» Task objective
Bring together copies of the lines in the data below that contain the word "Purge".

» Provided material
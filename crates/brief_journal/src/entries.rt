//! What memory keeps of an entry.
ghost use Rattle.std.specs.Prelude.{◌≡◌, ◌++◌, ◌∷◌, [], map, IfOk, OnOk};
ghost use Rattle.brief_journal.specs.Brief.{brief_command as brief_command_lem, brief_reply as brief_reply_lem, brief_of as brief_of_lem};

use mas_types::{Class, Command, Entry, JobNo, MemberId, NoMemory, OutNo, Prio, Refusal, Reply};
use std::alloc::Global;

/// A command without its texts, its lists, the fields of its job and its number on a line that it came by.
#[derive(Clone, Copy)]
pub enum BriefCommand {
    /// A job begins.
    Begin,
    /// So many groups are taken.
    Take(u32),
    /// That job goes, 0 for none.
    Drop(JobNo),
    /// That job gets its deck.
    Enter(JobNo),
    /// A job is taken for conversion.
    TakeConvert,
    /// That job is converted.
    Converted(JobNo),
    /// A job is taken for execution.
    TakeExec,
    /// That job has run.
    Ended(JobNo),
    /// The first job in Output goes on.
    Gather,
    /// An output is taken for the printer.
    Pick,
    /// So many lines of that job's output are printed.
    Mark(JobNo, OutNo, u32),
    /// That job's output goes.
    Done(JobNo, OutNo),
    /// The first job in Purge goes.
    Purge,
    /// That job is held.
    Hold(JobNo),
    /// That job is held no longer.
    Release(JobNo),
    /// That job is cancelled.
    Cancel(JobNo),
    /// That job gets another priority.
    SetPrio(JobNo, Prio),
    /// That job gets another class.
    SetClass(JobNo, Class),
    /// The held outputs of that job are released.
    Out(JobNo),
    /// That job's output goes, printed or not.
    CancelOut(JobNo, OutNo),
    /// That job's output gets another class.
    SetOut(JobNo, OutNo, Class),
    /// A display.
    Show,
    /// Classes of initiators are set.
    SetInit,
    /// A printer is set.
    SetPrt,
    /// A mark falls by so many lines.
    Back(u32),
    /// A mark rises by so many lines.
    Forward(u32),
    /// That member is reset.
    Reset(MemberId),
    /// All members are reset.
    Restart,
    /// A job is taken for that line.
    Load(u8),
    /// The job of that number was sent over the line.
    Sent(u8, u32),
    /// That job gets its deck, which came over the line.
    Got(u8, JobNo),
}

/// A reply, of whose display there is the number of lines alone.
#[derive(Clone, Copy)]
pub enum BriefReply {
    /// It was done.
    Plain,
    /// It was done to that job.
    Job(JobNo),
    /// It was done to that output.
    Output(JobNo, OutNo),
    /// It was done, with that count.
    Count(u32),
    /// A display of so many lines.
    Shown(usize),
    /// It was refused, and changed nothing.
    No(Refusal),
}

/// An entry without its texts.
#[derive(Clone, Copy)]
pub struct BriefEntry {
    /// The member that gave it.
    pub by: MemberId,
    /// The step in which it did.
    pub step: u32,
    /// The command.
    pub command: BriefCommand,
    /// Its reply.
    pub reply: BriefReply,
}

fn brief_command(command: &Command) -> BriefCommand
    ensures { result ≡ brief_command_lem command.now }
{
    match command {
        Command::Begin { .. } => BriefCommand::Begin,
        Command::Take { want } => BriefCommand::Take(*want),
        Command::Drop { job } => BriefCommand::Drop(*job),
        Command::Enter { job, .. } => BriefCommand::Enter(*job),
        Command::TakeConvert => BriefCommand::TakeConvert,
        Command::Converted { job } => BriefCommand::Converted(*job),
        Command::TakeExec => BriefCommand::TakeExec,
        Command::Ended { job, .. } => BriefCommand::Ended(*job),
        Command::Gather => BriefCommand::Gather,
        Command::Pick => BriefCommand::Pick,
        Command::Mark { job, index, at } => BriefCommand::Mark(*job, *index, *at),
        Command::Done { job, index } => BriefCommand::Done(*job, *index),
        Command::Purge => BriefCommand::Purge,
        Command::Hold { job } => BriefCommand::Hold(*job),
        Command::Release { job } => BriefCommand::Release(*job),
        Command::Cancel { job } => BriefCommand::Cancel(*job),
        Command::SetPrio { job, prio } => BriefCommand::SetPrio(*job, *prio),
        Command::SetClass { job, class } => BriefCommand::SetClass(*job, *class),
        Command::Out { job } => BriefCommand::Out(*job),
        Command::CancelOut { job, index } => BriefCommand::CancelOut(*job, *index),
        Command::SetOut { job, index, class } => BriefCommand::SetOut(*job, *index, *class),
        Command::Show { .. } => BriefCommand::Show,
        Command::SetInit { .. } => BriefCommand::SetInit,
        Command::SetPrt { .. } => BriefCommand::SetPrt,
        Command::Back { lines } => BriefCommand::Back(*lines),
        Command::Forward { lines } => BriefCommand::Forward(*lines),
        Command::Reset { of } => BriefCommand::Reset(*of),
        Command::Restart => BriefCommand::Restart,
        Command::Load { line } => BriefCommand::Load(*line),
        Command::Sent { line, number } => BriefCommand::Sent(*line, *number),
        Command::Got { line, job, .. } => BriefCommand::Got(*line, *job),
    }
}

fn brief_reply(reply: &Reply) -> BriefReply
    ensures { result ≡ brief_reply_lem reply.now }
{
    match reply {
        Reply::Plain => BriefReply::Plain,
        Reply::Job(job) => BriefReply::Job(*job),
        Reply::Output(job, index) => BriefReply::Output(*job, *index),
        Reply::Count(n) => BriefReply::Count(*n),
        Reply::Shown(lines) => BriefReply::Shown(lines.len()),
        Reply::No(why) => BriefReply::No(*why),
    }
}

fn brief_of(entry: &Entry) -> BriefEntry
    ensures { result ≡ brief_of_lem entry.now }
{
    BriefEntry {
        by: entry.by,
        step: entry.step,
        command: brief_command(&entry.command),
        reply: brief_reply(&entry.reply),
    }
}

// One more entry, in brief.
fn push_brief(briefs: &mut Vec<BriefEntry>, entry: &Entry) -> Result<(), NoMemory>
    ensures { OnOk result (briefs.new.items ≡ briefs.old.items ++ brief_of_lem entry.now ∷ []) }
{
    match briefs.push(brief_of(entry)) {
        Ok(()) => Ok(()),
        Err(_) => Err(NoMemory),
    }
}

// The entries in brief, in a block of just their size.
pub(crate) fn briefs_of(alloc: Global, entries: &[Entry]) -> Result<Vec<BriefEntry>, NoMemory>
    ensures { IfOk result (λ briefs. briefs.items ≡ map brief_of_lem entries.now) }
{
    let mut briefs = Vec::with_capacity(alloc, entries.len())?;
    for entry in entries {
        push_brief(&mut briefs, entry)?;
    }
    Ok(briefs)
}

» Exercise result
    /// The first job in Purge goes.
    Purge,
        Command::Purge => BriefCommand::Purge,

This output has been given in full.